Nirmatrelvir-ritonavir use among adults hospitalized with COVID-19 during the Omicron phase of the COVID-19 pandemic, Canadian Nosocomial Infection Surveillance Program

Can Commun Dis Rep. 2023 Aug 1;49(7-8):351-357. doi: 10.14745/ccdr.v49i78a07.

Abstract

Background: Recent studies have demonstrated the effectiveness of nirmatrelvir-ritonavir in reducing the risk of progression to severe disease among outpatients with mild to moderate coronavirus disease 2019 (COVID-19); however, data are limited regarding the use and role of nirmatrelvir-ritonavir among hospitalized patients. This study describes the use and outcomes of nirmatrelvir-ritonavir among adults hospitalized with COVID-19 in a sentinel network of Canadian acute care hospitals during the Omicron variant phase of the pandemic.

Methods: The Canadian Nosocomial Infection Surveillance Program conducts surveillance of hospitalized patients with COVID-19 in acute care hospitals across Canada. Demographic, clinical, treatment and 30-day outcome data were collected by chart review by trained infection control professionals using standardized questionnaires.

Results: From January 1 to December 31, 2022, 13% (n=490/3,731) of adult patients (18 years of age and older) hospitalized with COVID-19 in 40 acute care hospitals received nirmatrelvir-ritonavir either at admission or during hospitalization. Most inpatients who received nirmatrelvir-ritonavir, 79% of whom were fully vaccinated, had at least one pre-existing comorbidity (97%) and were of advanced age (median=79 years). Few were admitted to an intensive care unit (2.3%) and among the 490 nirmatrelvir-ritonavir treated inpatients, there were 13 (2.7%) deaths attributable to COVID-19.
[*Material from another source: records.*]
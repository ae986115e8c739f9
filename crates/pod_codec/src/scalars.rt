//! The bodies of values that hold no others.
ghost use Rattle.std.specs.Prelude.{◌≡◌, [], ◌∷◌, ◌++◌, ◌+◌, ◌<◌, length, OnOk};
ghost use Rattle.std.specs.Int.{w32, w64, to_le_bytes};
ghost use Rattle.pod_codec.specs.PodType.{child_size};
ghost use Rattle.pod_codec.specs.Framing.{u32_bytes, u64_bytes};
ghost use Rattle.pod_codec.specs.PodValue.{form_of};
ghost use Rattle.pod_codec.specs.declared.pod.Pod.TheViews.{out-Pod};
ghost use Rattle.pod_codec.specs.Numbers.{ScalarFits};
ghost use Rattle.pod_codec.specs.Writable.{Tells};

use crate::fault::WriteFault;
use crate::pod::Pod;
use crate::pod_type::type_number;
use pw_lists::{Items, Memory, Text};

/// Appends four bytes, the lowest first.
#[tactic(auto, unfolding(crate::specs::Framing::u32_bytes))]
pub fn put_u32(n: u32, to: &mut Items<u8>) -> Result<(), Memory>
    ensures ok { OnOk result (to.new ≡ to.old ++ u32_bytes n) }
    ensures length { OnOk result (length to.new ≡ length to.old + 4) }
{
    to.extend(&n.to_le_bytes())
}

/// Appends eight bytes, the lowest first.
#[tactic(auto, unfolding(crate::specs::Framing::u64_bytes))]
pub fn put_u64(n: u64, to: &mut Items<u8>) -> Result<(), Memory>
    ensures { OnOk result (to.new ≡ to.old ++ u64_bytes n) }
{
    to.extend(&n.to_le_bytes())
}

/// Appends two numbers of four bytes.
pub fn put_pair(first: u32, second: u32, to: &mut Items<u8>) -> Result<(), Memory>
    ensures ok { OnOk result (to.new ≡ to.old ++ (u32_bytes first ++ u32_bytes second)) }
    ensures length { OnOk result (length to.new ≡ length to.old + 8) }
{
    put_u32(first, to)?;
    put_u32(second, to)
}

/// Appends a text and a nul.
pub fn put_text(text: &Text, to: &mut Items<u8>) -> Result<(), Memory>
    ensures { OnOk result (to.new ≡ to.old ++ (text.now ++ 0 ∷ [])) }
{
    to.extend(text.as_slice())?;
    to.push(0)
}

/// Appends the body of an element of an array or choice, whose child type is allowed.
pub fn put_element(pod: &Pod, child: u32, to: &mut Items<u8>) -> Result<(), WriteFault>
    requires allowed { 0 < child_size child }
    ensures ok { OnOk result (to.new ≡ to.old ++ (form_of pod.now).body) }
    ensures told { Tells result ((form_of pod.now).number ≡ child) }
    ensures numbers { OnOk result (ScalarFits (out-Pod pod.now)) }
{
    if type_number(pod) != child {
        return Err(WriteFault::Unwritable);
    }
    match pod {
        Pod::Bool(set) => put_u32(u32::from(*set), to)?,
        Pod::Id(n) => put_u32(*n, to)?,
        Pod::Int(n) => put_u32(n.cast_unsigned(), to)?,
        Pod::Long(n) => put_u64(n.cast_unsigned(), to)?,
        Pod::FloatBits(bits) => put_u32(*bits, to)?,
        Pod::DoubleBits(bits) => put_u64(*bits, to)?,
        Pod::Rectangle { width, height } => put_pair(*width, *height, to)?,
        Pod::Fraction { num, denom } => put_pair(*num, *denom, to)?,
        Pod::Fd(n) => put_u64(n.cast_unsigned(), to)?,
        Pod::None => return Err(WriteFault::Unwritable),
        Pod::Text(_) => return Err(WriteFault::Unwritable),
        Pod::Bytes(_) => return Err(WriteFault::Unwritable),
        Pod::Bitmap(_) => return Err(WriteFault::Unwritable),
        Pod::Array { .. } => return Err(WriteFault::Unwritable),
        Pod::Struct(_) => return Err(WriteFault::Unwritable),
        Pod::Object { .. } => return Err(WriteFault::Unwritable),
        Pod::Choice { .. } => return Err(WriteFault::Unwritable),
        Pod::Sequence { .. } => return Err(WriteFault::Unwritable),
    }
    Ok(())
}
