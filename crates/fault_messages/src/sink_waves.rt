//! The samples that a sink stored, and how many of them are at a limit.
ghost use Rattle.std.specs.Prelude.{◌≡◌, ◌<◌, ◌^◌, length, option_copied};
ghost use Rattle.fault_messages.specs.SinkWaves.{samples_in, samples_at, is_at_limit, at_limit};

use run_results::{Content, Store};

/// So many samples are counted at once.
const FEW_SAMPLES: usize = 32_768;

// The samples of what was stored, where it is a wave.
fn samples_in(content: &Content) -> Option<&[i16]>
    ensures { option_copied result ≡ samples_in content.now }
{
    match content {
        Content::Bytes(_bytes) => None,
        Content::Wave(wav) => Some(wav.samples.as_slice()),
    }
}

/// The samples that the sink of the line of this number stored; none where it had no format.
pub fn samples_at(stores: &[Store], number: u32) -> Option<&[i16]>
    ensures { option_copied result ≡ samples_at stores.now number }
{
    let mut rest = stores;
    while let [store, more @ ..] = rest {
        if store.place == number {
            return samples_in(&store.content);
        }
        rest = more;
    }
    None
}

// Whether a sample is at a limit of 16 bits.
fn is_at_limit(sample: i16) -> bool
    ensures { result ≡ is_at_limit sample }
{
    i16::MAX <= sample || sample <= i16::MIN
}

// How many of few samples are at a limit, counted in as many bits as a sample has.
fn few_at_limit(samples: &[i16]) -> u16
    requires { length samples.now < 2 ^ 16 }
    ensures { result ≡ at_limit samples.now }
{
    let mut count: u16 = 0;
    for sample in samples {
        count += u16::from(is_at_limit(*sample));
    }
    count
}

/// How many samples are at a limit of 16 bits. Cost: one look at each.
#[tactic(auto, using(crate::proofs::WaveLemmas::in_parts, crate::proofs::WaveLemmas::not_more))]
pub fn at_limit(samples: &[i16]) -> u64
    ensures { result ≡ at_limit samples.now }
{
    let mut count: u64 = 0;
    let mut rest = samples;
    while FEW_SAMPLES < rest.len() {
        let (few, more) = rest.split_at(FEW_SAMPLES);
        count += u64::from(few_at_limit(few));
        rest = more;
    }
    count + u64::from(few_at_limit(rest))
}
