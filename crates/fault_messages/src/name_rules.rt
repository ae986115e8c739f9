//! The forms of names and ends, and what they have to be.
ghost use Rattle.std.specs.Prelude.{◌≡◌, ◌≤◌, length};
ghost use Rattle.std.specs.List.{list_all};
ghost use Rattle.graph_script.specs.Lexical.{words_of};
ghost use Rattle.graph_script.specs.Arguments.{is_letter, is_digit, is_name_byte, is_node_name};
ghost use Rattle.fault_messages.specs.NameRules.{is_pair, dot_place, end_name, end_port, has_dot, is_end};
ghost use Rattle.fault_messages.specs.NameRules.{has_one_dot, end_rule};

use crate::lines::word_of;

/// How many bytes may follow the first of a name.
const NAME_REST_LIMIT: usize = 30;

fn is_letter(b: u8) -> bool
    ensures { result ≡ is_letter b }
{
    matches!(b, b'a'..=b'z')
}

fn is_digit(b: u8) -> bool
    ensures { result ≡ is_digit b }
{
    matches!(b, b'0'..=b'9')
}

/// Whether the byte may be in a name.
pub fn is_name_byte(b: u8) -> bool
    ensures { result ≡ is_name_byte b }
{
    is_letter(b) || is_digit(b) || b == b'_'
}

fn all_name_bytes(word: &[u8]) -> bool
    ensures { result ≡ list_all is_name_byte word.now }
{
    word.iter().all(|b| is_name_byte(*b))
}

/// Whether the word has the form of a node's name.
pub fn is_node_name(word: &[u8]) -> bool
    ensures { result ≡ is_node_name word.now }
{
    match word {
        [] => false,
        [first, rest @ ..] => {
            is_letter(*first) && rest.len() <= NAME_REST_LIMIT && all_name_bytes(rest)
        }
    }
}

/// Whether the line has two ends.
pub fn is_pair(line: &[u8]) -> bool
    ensures { result ≡ is_pair (words_of line.now) }
{
    let name = word_of(line, 0);
    name == b"link".as_slice() || name == b"unlink".as_slice()
}

// How many bytes are before the first dot.
fn dot_place(word: &[u8]) -> usize
    ensures value { result ≡ dot_place word.now }
    ensures within { result ≤ length word.now }
{
    word.iter().take_while(|b| **b != b'.').count()
}

/// What is before the first dot of an end.
pub fn end_name(word: &[u8]) -> &[u8]
    ensures { result.now ≡ end_name word.now }
{
    let (name, _rest) = word.split_at(dot_place(word));
    name
}

/// What is after the first dot of an end; nothing where it has none.
pub fn end_port(word: &[u8]) -> &[u8]
    ensures { result.now ≡ end_port word.now }
{
    let (_name, rest) = word.split_at(dot_place(word));
    match rest {
        [] => b"".as_slice(),
        [_, port @ ..] => port,
    }
}

fn has_dot(word: &[u8]) -> bool
    ensures { result ≡ has_dot word.now }
{
    dot_place(word) < word.len()
}

/// Whether the word is a name, one dot and a port.
pub fn is_end(word: &[u8]) -> bool
    ensures { result ≡ is_end word.now }
{
    has_dot(word) && !has_dot(end_port(word)) && is_node_name(end_name(word))
}

fn has_one_dot(word: &[u8]) -> bool
    ensures { result ≡ has_one_dot word.now }
{
    has_dot(word) && !has_dot(end_port(word))
}

/// What an end has to be: of one with one dot the name is at fault.
pub fn end_rule(word: &[u8]) -> &'static [u8]
    ensures { result.now ≡ end_rule word.now }
{
    if has_one_dot(word) {
        b"the name is a lower-case letter and up to 30 of a to z, 0 to 9 and _"
    } else {
        b"an end is NODE.PORT"
    }
}
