//! What the commands do, for people who ask.
ghost use Rattle.std.specs.Prelude.{◌≡◌};
ghost use Rattle.fault_messages.specs.Help.{help};

/// The commands with one line each, the version, and where the manual is.
pub fn help() -> &'static [u8]
    ensures { result.now ≡ help }
{
    b"pipegraph 0.1: PipeWire's graph engine on a script and files\n\
      \n\
      \x20 run SCRIPT [--loops N] [--ticks N] [--trace] [--steal]  runs a script of a graph\n\
      \x20 dump FILE           prints the POD of a file\n\
      \x20 filter A B OUT      stores what two formats have in common\n\
      \x20 automate IN SEQ OUT stores a WAV file by the gains of a control sequence\n\
      \x20 check SCRIPT TRACE  says whether a trace is a legal history of a script\n\
      \x20 soak NUMBER         runs the graph of a number by four loops\n\
      \x20 groups SCRIPT       runs each linked part of a graph with its own driver\n\
      \n\
      pipegraph-pods makes PODs and control sequences, \
      pipegraph-pictures draws graphs, traces and waves\n\
      The manual: man pipegraph where it is installed, and man -l docs/pipegraph.1\n"
}
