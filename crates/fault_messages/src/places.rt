//! Where a fault is, as people write it.
ghost use Rattle.std.specs.Prelude.{◌≡◌, ◌++◌, map, string_bytes, option_copied, OnOk};
ghost use Rattle.fault_messages.specs.Places.{word, has_quote, is_dash, reads_script, is_line, script_place, place_text};
ghost use Rattle.fault_messages.specs.Places.{file_word, file_part};
ghost use Rattle.graph_script.specs.Lexical.{words_of};

use crate::lines::word_of;
use pw_lists::{Memory, Text, append_decimal};
use shown_words::put_escaped;

/// The place of a trace.
const TRACE_PLACE: u32 = u32::MAX;

/// A word of the command line; nothing where it has fewer.
pub fn word_at(words: &[String], index: u32) -> &[u8]
    ensures { result.now ≡ word (map string_bytes words.now) index }
{
    match words.get(index as usize) {
        None => b"".as_slice(),
        Some(word) => word.as_bytes(),
    }
}

// Whether the command reads a script.
fn reads_script(words: &[String]) -> bool
    ensures { result ≡ reads_script (map string_bytes words.now) }
{
    let name = word_at(words, 0);
    name == b"run".as_slice() || name == b"groups".as_slice() || name == b"check".as_slice()
}

/// Whether the place is a line of a script.
pub fn is_line(words: &[String], place: u32) -> bool
    ensures { result ≡ is_line (map string_bytes words.now) place }
{
    reads_script(words) && place != 0 && place != TRACE_PLACE
}

// A place of a command that reads a script.
fn put_script_place(text: &mut Text, words: &[String], place: u32) -> Result<(), Memory>
    ensures { OnOk result
        (text.new ≡ text.old ++ script_place (map string_bytes words.now) place) }
{
    if place == 0 {
        return put_escaped(text, word_at(words, 1));
    }
    if place == TRACE_PLACE {
        return put_escaped(text, word_at(words, 2));
    }
    put_escaped(text, word_at(words, 1))?;
    text.extend(b":")?;
    append_decimal(text, u64::from(place))
}

/// The file of a place, with the line where it is a line of it.
pub fn put_place(text: &mut Text, words: &[String], place: u32) -> Result<(), Memory>
    ensures { OnOk result
        (text.new ≡ text.old ++ place_text (map string_bytes words.now) place) }
{
    if reads_script(words) {
        put_script_place(text, words, place)
    } else {
        put_escaped(text, word_at(words, place))
    }
}

/// Whether a quote is in the word.
pub fn has_quote(word: &[u8]) -> bool
    ensures { result ≡ has_quote word.now }
{
    word.iter().any(|b| *b == b'"')
}

/// Whether the word is a dash, which other programs may take otherwise.
pub fn is_dash(word: &[u8]) -> bool
    ensures { result ≡ is_dash word.now }
{
    word == b"-".as_slice()
}

/// The file that a line names.
pub fn file_word(line: &[u8]) -> &[u8]
    ensures { result.now ≡ file_word (words_of line.now) }
{
    if word_of(line, 0) == b"offer".as_slice() {
        word_of(line, 3)
    } else {
        word_of(line, 2)
    }
}

/// The file that the line names, if there is a line.
pub fn put_file(text: &mut Text, line: Option<&[u8]>) -> Result<(), Memory>
    ensures { OnOk result (text.new ≡ text.old ++ file_part (option_copied line.entry)) }
{
    match line {
        None => Ok(()),
        Some(line) => {
            put_escaped(text, file_word(line))?;
            text.extend(b": ")
        }
    }
}
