//! Quoted words and numbers at the end of a text. After `Memory` the text has a part of it.
ghost use Rattle.std.specs.Prelude.{◌≡◌, ◌++◌, decimal, OnOk};
ghost use Rattle.fault_messages.specs.Places.{quoted};
ghost use Rattle.shown_words.specs.Escaping.{escaped};

use pw_lists::{Memory, Text, append_decimal};
use shown_words::put_escaped;

/// A word in quotes.
#[tactic(auto, unfolding(crate::specs::Places::quoted))]
pub fn put_quoted(text: &mut Text, word: &[u8]) -> Result<(), Memory>
    ensures { OnOk result (text.new ≡ text.old ++ quoted word.now) }
{
    text.extend(b"\"")?;
    put_escaped(text, word)?;
    text.extend(b"\"")
}

/// Words, and others after them.
pub fn put_both(text: &mut Text, words: &[u8], others: &[u8]) -> Result<(), Memory>
    ensures { OnOk result (text.new ≡ text.old ++ (words.now ++ others.now)) }
{
    text.extend(words)?;
    text.extend(others)
}

/// Words between others.
pub fn put_between(
    text: &mut Text,
    before: &[u8],
    words: &[u8],
    behind: &[u8],
) -> Result<(), Memory>
    ensures { OnOk result (text.new ≡ text.old ++ (before.now ++ (words.now ++ behind.now))) }
{
    text.extend(before)?;
    text.extend(words)?;
    text.extend(behind)
}

/// A word in quotes, with words before it.
pub fn put_before(text: &mut Text, words: &[u8], word: &[u8]) -> Result<(), Memory>
    ensures { OnOk result (text.new ≡ text.old ++ (words.now ++ quoted word.now)) }
{
    text.extend(words)?;
    put_quoted(text, word)
}

/// A word in quotes, with words after it.
pub fn put_behind(text: &mut Text, word: &[u8], words: &[u8]) -> Result<(), Memory>
    ensures { OnOk result (text.new ≡ text.old ++ (quoted word.now ++ words.now)) }
{
    put_quoted(text, word)?;
    text.extend(words)
}

/// A number between words.
pub fn put_number(text: &mut Text, before: &[u8], n: u32, behind: &[u8]) -> Result<(), Memory>
    ensures { OnOk result (text.new ≡ text.old ++ (before.now ++ (decimal n ++ behind.now))) }
{
    text.extend(before)?;
    append_decimal(text, u64::from(n))?;
    text.extend(behind)
}

/// Two numbers, with words before each and after them.
pub fn put_two_numbers(
    text: &mut Text,
    before: &[u8],
    first: u64,
    between: &[u8],
    second: u64,
    behind: &[u8],
) -> Result<(), Memory>
    ensures { OnOk result (text.new ≡ text.old
        ++ (before.now ++ (decimal first ++ (between.now ++ (decimal second ++ behind.now))))) }
{
    text.extend(before)?;
    append_decimal(text, first)?;
    text.extend(between)?;
    append_decimal(text, second)?;
    text.extend(behind)
}

/// Two words in quotes, with words between them.
pub fn put_quoted_pair(
    text: &mut Text,
    first: &[u8],
    between: &[u8],
    second: &[u8],
) -> Result<(), Memory>
    ensures { OnOk result (text.new ≡ text.old
        ++ (quoted first.now ++ (between.now ++ quoted second.now))) }
{
    put_behind(text, first, between)?;
    put_quoted(text, second)
}

/// A word in quotes, with words after it, a second word in quotes, and the last words.
pub fn put_two_quoted(
    text: &mut Text,
    first: &[u8],
    between: &[u8],
    second: &[u8],
    behind: &[u8],
) -> Result<(), Memory>
    ensures { OnOk result (text.new ≡ text.old
        ++ (quoted first.now ++ (between.now ++ (quoted second.now ++ behind.now)))) }
{
    put_behind(text, first, between)?;
    put_behind(text, second, behind)
}

/// A word in quotes, with words after it, a word as it is shown, and the last words.
pub fn put_quoted_shown(
    text: &mut Text,
    first: &[u8],
    between: &[u8],
    second: &[u8],
    behind: &[u8],
) -> Result<(), Memory>
    ensures { OnOk result (text.new ≡ text.old
        ++ (quoted first.now ++ (between.now ++ (escaped second.now ++ behind.now)))) }
{
    put_behind(text, first, between)?;
    put_escaped(text, second)?;
    text.extend(behind)
}

/// Two words as they are shown, with words before, between and after them.
pub fn put_shown_pair(
    text: &mut Text,
    before: &[u8],
    first: &[u8],
    between: &[u8],
    second: &[u8],
    behind: &[u8],
) -> Result<(), Memory>
    ensures { OnOk result (text.new ≡ text.old
        ++ (before.now ++ (escaped first.now ++ (between.now ++ (escaped second.now
        ++ behind.now))))) }
{
    text.extend(before)?;
    put_escaped(text, first)?;
    text.extend(between)?;
    put_escaped(text, second)?;
    text.extend(behind)
}

/// Words, a word as it is shown, and a number between words.
pub fn put_shown_number(
    text: &mut Text,
    before: &[u8],
    word: &[u8],
    between: &[u8],
    n: u64,
    behind: &[u8],
) -> Result<(), Memory>
    ensures { OnOk result (text.new ≡ text.old
        ++ (before.now ++ (escaped word.now ++ (between.now ++ (decimal n ++ behind.now))))) }
{
    text.extend(before)?;
    put_escaped(text, word)?;
    text.extend(between)?;
    append_decimal(text, n)?;
    text.extend(behind)
}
Conclusion: These findings from a large sentinel network of Canadian acute-care hospitals suggest that nirmatrelvir-ritonavir is being used to treat adult COVID-19 patients at admission who are at risk of progression to severe disease or those who acquired COVID-19 in hospital. Additional research on the efficacy and indications for nirmatrelvir-ritonavir use in hospitalized patients is warranted to inform future policies and guidelines.

Keywords: COVID-19; Omicron; hospitalized patients; nirmatrelvir-ritonavir.